Impact assessment (IA) on carbon trade and its city-level impacts takes a wide perspective over environmental issues that can be dealt with on a city level. The focus is on issues that are affected by the requirements of an international treaty on greenhouse gas emission reduction. It studies many of the contemporary ideas, plans, and pieces of legislation in an integrated and systematic way. It tries to find hidden caveats, expose policies that are based on popular trends rather than science, and assess the impacts of new innovative solutions. It aims to offer information and guidance to the political process for developing a new international treaty in the UN climate change meeting in Copenhagen (COP-15), December 2009. The Analytica model file can be accessed here.

Scope

Purpose

The purpose is to evaluate different possibilities of carbon dioxide (CO2) trade mechanisms, and also other international policy instruments to reduce CO2 emissions and radiative forcing. The assessment is performed at city level, and the requirements of the international policy are taken as given. The focus is thus on city-level mitigation in the major sectors, namely electricity production, heating, and traffic. Three major outputs are considered: a) greenhouse gas emissions; b) health impacts within the city; and c) costs of greenhouse gas trade and direct costs of the activity itself. The climate change impacts are not on the focus, but rather the impacts of climate change abatement measures that are put in action in the city. Individual and societal interests and decisions, and their interplay is specifically on focus. Situations where individual and societal values are in conflict are identified and examined. Policies aiming at resolution of these conflicts are sought for.
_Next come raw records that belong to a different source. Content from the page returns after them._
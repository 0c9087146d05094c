//! Files of JSON that are one object without fractions.

ghost use Rattle.std.specs.Prelude.{◌≡◌, ◌<◌, length, Err};
ghost use Rattle.std.specs.Option.{ok_or};
ghost use Rattle.pact_file.specs.Objects.{json_of, tree_or_fault, object_of, IsSomeText};
ghost use Rattle.pact_file.specs.declared.object.FileFault.TheVariants.{Memory, NotJson};
ghost use Rattle.pact_rules.specs.Outcome.{Gives};
ghost use Rattle.pact_trees.specs.Checked.{checked_tree};
ghost use Rattle.serde_json.specs.Read.{read};
ghost use Rattle.serde_json.specs.View.{view};

use pact_trees::{NoTree, check_tree};
use serde_json::Value;
use std::alloc::Global;
use thiserror::Error;

/// Why bytes are no such object.
#[derive(Clone, Copy, Debug, PartialEq, Eq, Error)]
pub enum FileFault {
    /// The bytes aren't UTF-8, or no JSON text, or nest over 127 deep.
    #[error("not JSON")]
    NotJson,
    /// A number isn't whole, or lists and objects nest over 100 deep.
    #[error("{0}")]
    Tree(NoTree),
    /// The value isn't an object.
    #[error("not an object")]
    NotObject,
    /// No memory was left.
    #[error("out of memory")]
    Memory,
}

fn read_text(alloc: Global, text: &str) -> Result<Value, FileFault>
    ensures value { Gives Memory view result (ok_or (read text.now) NotJson) }
    ensures memory { result ≡ Err Memory → 0 < length text.now }
{
    match Value::from_str(alloc, text) {
        Ok(value) => Ok(value),
        Err(e) => {
            if e.is_memory() {
                Err(FileFault::Memory)
            } else {
                Err(FileFault::NotJson)
            }
        }
    }
}

fn read_json(alloc: Global, bytes: &[u8]) -> Result<Value, FileFault>
    ensures value { Gives Memory view result (json_of bytes.now) }
    ensures memory { result ≡ Err Memory → IsSomeText bytes.now }
{
    match str::from_utf8(bytes) {
        Ok(text) => read_text(alloc, text),
        Err(_) => Err(FileFault::NotJson),
    }
}

fn check_file(value: &Value) -> Result<(), FileFault>
    ensures { result ≡ tree_or_fault (checked_tree (view value.now)) }
{
    match check_tree(value) {
        Ok(()) => Ok(()),
        Err(fault) => Err(FileFault::Tree(fault)),
    }
}

/// Reads bytes that are one JSON object in UTF-8, as a pact file and a file of replies are. The fault is the first
/// one in the order of `FileFault`'s variants. Memory may run out instead, but only if the bytes are UTF-8 and not
/// empty.
#[tactic(auto, unfolding(crate::specs::Objects::object_of))]
pub fn read_object(alloc: Global, bytes: &[u8]) -> Result<Value, FileFault>
    ensures value { Gives Memory view result (object_of bytes.now) }
    ensures memory { result ≡ Err Memory → IsSomeText bytes.now }
{
    let value = read_json(alloc, bytes)?;
    check_file(&value)?;
    if !value.is_object() {
        return Err(FileFault::NotObject);
    }
    Ok(value)
}
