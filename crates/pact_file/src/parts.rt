//! The parts of an interaction.

ghost use Rattle.std.specs.Prelude.{◌≡◌, ◌∷◌, [], codes, map, option_map, IfOk};
ghost use Rattle.serde_json.specs.Find.{get, get_member, as_str};
ghost use Rattle.serde_json.specs.View.{view, items_view, members_view};
ghost use Rattle.pact_file.specs.Parts.{optional_at, text_at, object_at, list_at, state_in, all_of, one_state};
ghost use Rattle.pact_file.specs.Parts.{states_from, states_in, status_at, status_in};

use crate::state::State;
use serde_json::{Map, Value};
use std::alloc::{AllocError, Global};

/// An optional member: null counts as absent.
pub(crate) fn optional_member<'a>(value: &'a Value, key: &str) -> Option<&'a Value>
    ensures { option_map (λ v. view v.now) result ≡ optional_at key.now (view value.now) }
{
    value.get(key).filter(|found| !found.is_null())
}

/// A member that is a text.
pub fn text_member<'a>(value: &'a Value, key: &str) -> Option<&'a str>
    ensures { option_map (λ s. s.now) result ≡ text_at key.now (view value.now) }
{
    value.get(key)?.as_str()
}

/// A member that is an object.
pub(crate) fn object_member<'a>(value: &'a Value, key: &str) -> Option<&'a Value>
    ensures { option_map (λ v. view v.now) result ≡ object_at key.now (view value.now) }
{
    value.get(key).filter(|found| found.is_object())
}

/// A member that is a list.
pub(crate) fn list_member<'a>(value: &'a Value, key: &str) -> Option<&'a Vec<Value>>
    ensures { option_map (λ v. items_view v.now.items) result ≡ list_at key.now (view value.now) }
{
    value.get(key)?.as_array()
}

/// A member of a value, moved out of it.
pub(crate) fn take_member(value: Value, key: &str) -> Option<Value>
    ensures { option_map view result ≡ get key.now (view value) }
{
    match value {
        Value::Object(members) => take_entry(members, key),
        _ => None,
    }
}

fn take_entry(members: Map<String, Value>, key: &str) -> Option<Value>
    ensures { option_map view result ≡ get_member key.now (members_view members.entries) }
{
    let mut members = members;
    members.remove(key)
}

/// A member that is an object, moved out of a value.
pub fn take_object(value: Value, key: &str) -> Option<Value>
    ensures { option_map view result ≡ object_at key.now (view value) }
{
    take_member(value, key).filter(|found| found.is_object())
}

/// A member that is a list, moved out of a value.
pub fn take_list(value: Value, key: &str) -> Option<Vec<Value>>
    ensures { option_map (λ v. items_view v.items) result ≡ list_at key.now (view value) }
{
    match take_member(value, key) {
        Some(Value::Array(items)) => Some(items),
        _ => None,
    }
}

fn read_state(alloc: Global, value: &Value) -> Result<Option<State>, AllocError>
    ensures { IfOk result (λ o. o ≡ state_in (view value.now)) }
{
    let Some(name) = text_member(value, "name") else {
        return Ok(None);
    };
    let name = String::from_str(alloc, name)?;
    match optional_member(value, "params") {
        Some(params) => Ok(Some(State {
            params: Some(params.clone()?),
            name,
        })),
        None => Ok(Some(State { name, params: None })),
    }
}

fn read_state_list(alloc: Global, items: &[Value]) -> Result<Option<Vec<State>>, AllocError>
    ensures { IfOk result (λ o.
        option_map (λ v. v.items) o ≡ all_of state_in (map view items.now)) }
{
    let mut states = Vec::new(alloc);
    for item in items {
        match read_state(alloc, item)? {
            Some(state) => states.push(state)?,
            None => return Ok(None),
        }
    }
    Ok(Some(states))
}

/// The one state of the older spelling.
fn read_one_state(alloc: Global, older: Option<&Value>) -> Result<Option<Vec<State>>, AllocError>
    ensures { IfOk result (λ o. option_map (λ v. v.items) o
        ≡ one_state (option_map (λ v. view v.now) older.entry)) }
{
    let mut states = Vec::new(alloc);
    if let Some(older) = older {
        let Some(name) = older.as_str() else {
            return Ok(None);
        };
        states.push(State {
            name: String::from_str(alloc, name)?,
            params: None,
        })?;
    }
    Ok(Some(states))
}

/// The provider states of an interaction or a reply: the list under `providerStates`, each an object with a text `name`
/// and optional `params`; if it is absent, a text under `providerState` is one state of that name, and none is no
/// states. All else is None. An error means out of memory. (Pact Specification, versions 2 and 3.)
#[tactic(auto, using(crate::proofs::Lists::listed_view), unfolding(crate::specs::Parts::states_in))]
pub fn read_states(alloc: Global, value: &Value) -> Result<Option<Vec<State>>, AllocError>
    ensures { IfOk result (λ o. option_map (λ v. v.items) o ≡ states_in (view value.now)) }
{
    let Some(list) = optional_member(value, "providerStates") else {
        return read_one_state(alloc, optional_member(value, "providerState"));
    };
    match list.as_array() {
        Some(items) => read_state_list(alloc, items),
        None => Ok(None),
    }
}

/// A status: a whole number from 100 to 999.
pub fn read_status(value: &Value) -> Option<u16>
    ensures { result ≡ status_at (view value.now) }
{
    let number = value.as_u64()?;
    if 100 <= number && number <= 999 {
        Some(number as u16)
    } else {
        None
    }
}

/// The status of a response, 200 if it is absent.
#[tactic(auto, unfolding(crate::specs::Parts::status_in))]
pub(crate) fn status_of(response: &Value) -> Option<u16>
    ensures { result ≡ status_in (view response.now) }
{
    match optional_member(response, "status") {
        Some(status) => read_status(status),
        None => Some(200),
    }
}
Especially, the assessment aims to produce useful guidance and insight into the UN climate change meeting in Copenhagen (COP-15) in December 2009.

Boundaries

  • Spatial: One urban area. Helsinki Metropolitan Area (capital region; Helsinki for short) is used as the practical example.
  • Temporal: Current situation - 20 years in the future. Especially, years 2009, 2019, and 2029.
  • Activity sectors:
    • Personal traffic
    • Heating of buildings and water
    • Electricity consumption
  • Pollutants:
  • Health impacts: Total mortality and morbidity. In particular, cardiopulmonary effects. DALYs are used as the summary measure.
  • Other impacts: Costs
    • directly from the activity itself
    • of the greenhouse trade
  • Population: The whole population in the Helsinki Metropolitan Area (capital region) is considered as the active population (making societal and individual decisions). However, health impacts are considered anywhere in the world both downstream (impacts of pollutants from Helsinki) and upstream (health impacts of the production of products consumed in Helsinki).
  • Decision-makers:
    • a random citizen living in the area
    • the society (in particular, the Helsinki Metropolitan Area Council as the decision-maker for inter-municipality decisions such as public transport).
  • Decisions (these are under development; please comment and give ideas of real options considered):
    • International: Options of the international greenhouse gas trade mechanisms (taken as an outside boundary condition)
    • City-level decisions:
      • Extension of the district heating/cooling system to less-populated areas (Yes/No). This may take place in building small-scale (2-10 MW oil/wood chip power plants)
      • More support for public transport (Yes/No)
      • Founding a large-scale composite traffic system (Yes/No)
      • Subsidies for improving energy efficiency in buildings (Yes/No)
      • Area planning and land use (Dense vs. loose city structure for new buildings)
      • One nuclear power plant is built in Finland, and the heat load is utilised in the district heating of the Helsinki Metropolitan Area.
    • Citizen-level decisions:
      • Use of personal car vs. public transportation.
      • Choice of the heating system in the own single-family house (Electricity/Oil/Wood chip) (see Bioher)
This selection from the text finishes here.